▶ _What is expected_
Write the data below out again, exactly as each line reads.

══ Extracted records

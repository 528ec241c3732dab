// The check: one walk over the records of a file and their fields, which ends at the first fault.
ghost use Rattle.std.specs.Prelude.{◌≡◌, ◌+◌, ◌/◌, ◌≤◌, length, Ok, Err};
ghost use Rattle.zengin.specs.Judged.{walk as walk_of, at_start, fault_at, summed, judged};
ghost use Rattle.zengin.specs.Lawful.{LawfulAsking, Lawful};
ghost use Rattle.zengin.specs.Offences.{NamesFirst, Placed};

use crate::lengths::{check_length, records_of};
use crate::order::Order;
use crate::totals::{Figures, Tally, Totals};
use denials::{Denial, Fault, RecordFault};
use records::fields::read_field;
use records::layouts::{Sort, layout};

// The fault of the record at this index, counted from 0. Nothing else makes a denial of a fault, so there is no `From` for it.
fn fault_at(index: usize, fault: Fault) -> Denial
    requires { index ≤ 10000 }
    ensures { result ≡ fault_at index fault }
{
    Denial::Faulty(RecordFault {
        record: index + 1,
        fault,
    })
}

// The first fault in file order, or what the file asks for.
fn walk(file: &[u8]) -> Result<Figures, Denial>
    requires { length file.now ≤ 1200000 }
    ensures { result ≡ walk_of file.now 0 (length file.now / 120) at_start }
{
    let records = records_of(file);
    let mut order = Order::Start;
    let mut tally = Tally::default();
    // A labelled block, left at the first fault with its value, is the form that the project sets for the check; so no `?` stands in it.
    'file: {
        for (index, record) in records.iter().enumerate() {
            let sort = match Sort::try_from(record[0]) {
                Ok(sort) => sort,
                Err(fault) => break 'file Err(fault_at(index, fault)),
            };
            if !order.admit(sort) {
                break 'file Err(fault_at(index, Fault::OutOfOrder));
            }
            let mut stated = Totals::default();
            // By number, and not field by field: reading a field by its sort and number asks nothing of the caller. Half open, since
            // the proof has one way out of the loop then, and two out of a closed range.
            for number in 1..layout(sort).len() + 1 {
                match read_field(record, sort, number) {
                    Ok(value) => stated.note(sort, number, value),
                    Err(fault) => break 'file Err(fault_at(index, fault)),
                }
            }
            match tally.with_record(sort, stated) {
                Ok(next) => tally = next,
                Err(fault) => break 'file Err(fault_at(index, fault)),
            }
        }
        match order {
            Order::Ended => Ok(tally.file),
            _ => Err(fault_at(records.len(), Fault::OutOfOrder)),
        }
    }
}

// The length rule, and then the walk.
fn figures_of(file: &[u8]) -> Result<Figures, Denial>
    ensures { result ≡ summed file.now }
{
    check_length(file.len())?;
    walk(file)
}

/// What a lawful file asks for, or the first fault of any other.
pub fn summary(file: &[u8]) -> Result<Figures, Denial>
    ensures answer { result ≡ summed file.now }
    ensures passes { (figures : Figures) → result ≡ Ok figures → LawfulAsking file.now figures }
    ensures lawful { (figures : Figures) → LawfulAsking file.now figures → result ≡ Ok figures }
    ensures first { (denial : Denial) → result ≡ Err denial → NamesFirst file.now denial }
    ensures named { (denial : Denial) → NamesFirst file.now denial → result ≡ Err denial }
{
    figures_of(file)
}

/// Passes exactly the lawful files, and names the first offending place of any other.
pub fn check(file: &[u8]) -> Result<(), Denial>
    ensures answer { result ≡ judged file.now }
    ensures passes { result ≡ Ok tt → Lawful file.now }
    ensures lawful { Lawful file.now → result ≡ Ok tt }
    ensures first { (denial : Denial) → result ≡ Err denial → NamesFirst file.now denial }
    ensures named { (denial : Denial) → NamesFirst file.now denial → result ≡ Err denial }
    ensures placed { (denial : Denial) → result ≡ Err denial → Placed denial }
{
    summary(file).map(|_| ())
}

════

▶ _Solution for this problem_
repository 528ec241c3732dab
// The check: one walk over the records of a file and their fields, which ends at the first fault.
ghost use Rattle.std.specs.Prelude.{◌≡◌, ◌+◌, ◌/◌, ◌≤◌, length, Ok, Err};
ghost use Rattle.zengin.specs.Judged.{walk as walk_of, at_start, fault_at, summed, judged};
ghost use Rattle.zengin.specs.Lawful.{LawfulAsking, Lawful};
ghost use Rattle.zengin.specs.Offences.{NamesFirst, Placed};

use crate::lengths::{check_length, records_of};
use crate::order::Order;
use crate::totals::{Figures, Tally, Totals};
use denials::{Denial, Fault, RecordFault};
use records::fields::read_field;
use records::layouts::{Sort, layout};

// The fault of the record at this index, counted from 0. Nothing else makes a denial of a fault, so there is no `From` for it.
fn fault_at(index: usize, fault: Fault) -> Denial
    requires { index ≤ 10000 }
    ensures { result ≡ fault_at index fault }
{
    Denial::Faulty(RecordFault {
        record: index + 1,
        fault,
    })
}

// The first fault in file order, or what the file asks for.
fn walk(file: &[u8]) -> Result<Figures, Denial>
    requires { length file.now ≤ 1200000 }
    ensures { result ≡ walk_of file.now 0 (length file.now / 120) at_start }
{
    let records = records_of(file);
    let mut order = Order::Start;
    let mut tally = Tally::default();
    // A labelled block, left at the first fault with its value, is the form that the project sets for the check; so no `?` stands in it.
    'file: {
        for (index, record) in records.iter().enumerate() {
            let sort = match Sort::try_from(record[0]) {
                Ok(sort) => sort,
                Err(fault) => break 'file Err(fault_at(index, fault)),
            };
            if !order.admit(sort) {
                break 'file Err(fault_at(index, Fault::OutOfOrder));
            }
            let mut stated = Totals::default();
            // By number, and not field by field: reading a field by its sort and number asks nothing of the caller. Half open, since
            // the proof has one way out of the loop then, and two out of a closed range.
            for number in 1..layout(sort).len() + 1 {
                match read_field(record, sort, number) {
                    Ok(value) => stated.note(sort, number, value),
                    Err(fault) => break 'file Err(fault_at(index, fault)),
                }
            }
            match tally.with_record(sort, stated) {
                Ok(next) => tally = next,
                Err(fault) => break 'file Err(fault_at(index, fault)),
            }
        }
        match order {
            Order::Ended => Ok(tally.file),
            _ => Err(fault_at(records.len(), Fault::OutOfOrder)),
        }
    }
}

// The length rule, and then the walk.
fn figures_of(file: &[u8]) -> Result<Figures, Denial>
    ensures { result ≡ summed file.now }
{
    check_length(file.len())?;
    walk(file)
}

/// What a lawful file asks for, or the first fault of any other.
pub fn summary(file: &[u8]) -> Result<Figures, Denial>
    ensures answer { result ≡ summed file.now }
    ensures passes { (figures : Figures) → result ≡ Ok figures → LawfulAsking file.now figures }
    ensures lawful { (figures : Figures) → LawfulAsking file.now figures → result ≡ Ok figures }
    ensures first { (denial : Denial) → result ≡ Err denial → NamesFirst file.now denial }
    ensures named { (denial : Denial) → NamesFirst file.now denial → result ≡ Err denial }
{
    figures_of(file)
}

/// Passes exactly the lawful files, and names the first offending place of any other.
pub fn check(file: &[u8]) -> Result<(), Denial>
    ensures answer { result ≡ judged file.now }
    ensures passes { result ≡ Ok tt → Lawful file.now }
    ensures lawful { Lawful file.now → result ≡ Ok tt }
    ensures first { (denial : Denial) → result ≡ Err denial → NamesFirst file.now denial }
    ensures named { (denial : Denial) → NamesFirst file.now denial → result ≡ Err denial }
    ensures placed { (denial : Denial) → result ≡ Err denial → Placed denial }
{
    summary(file).map(|_| ())
}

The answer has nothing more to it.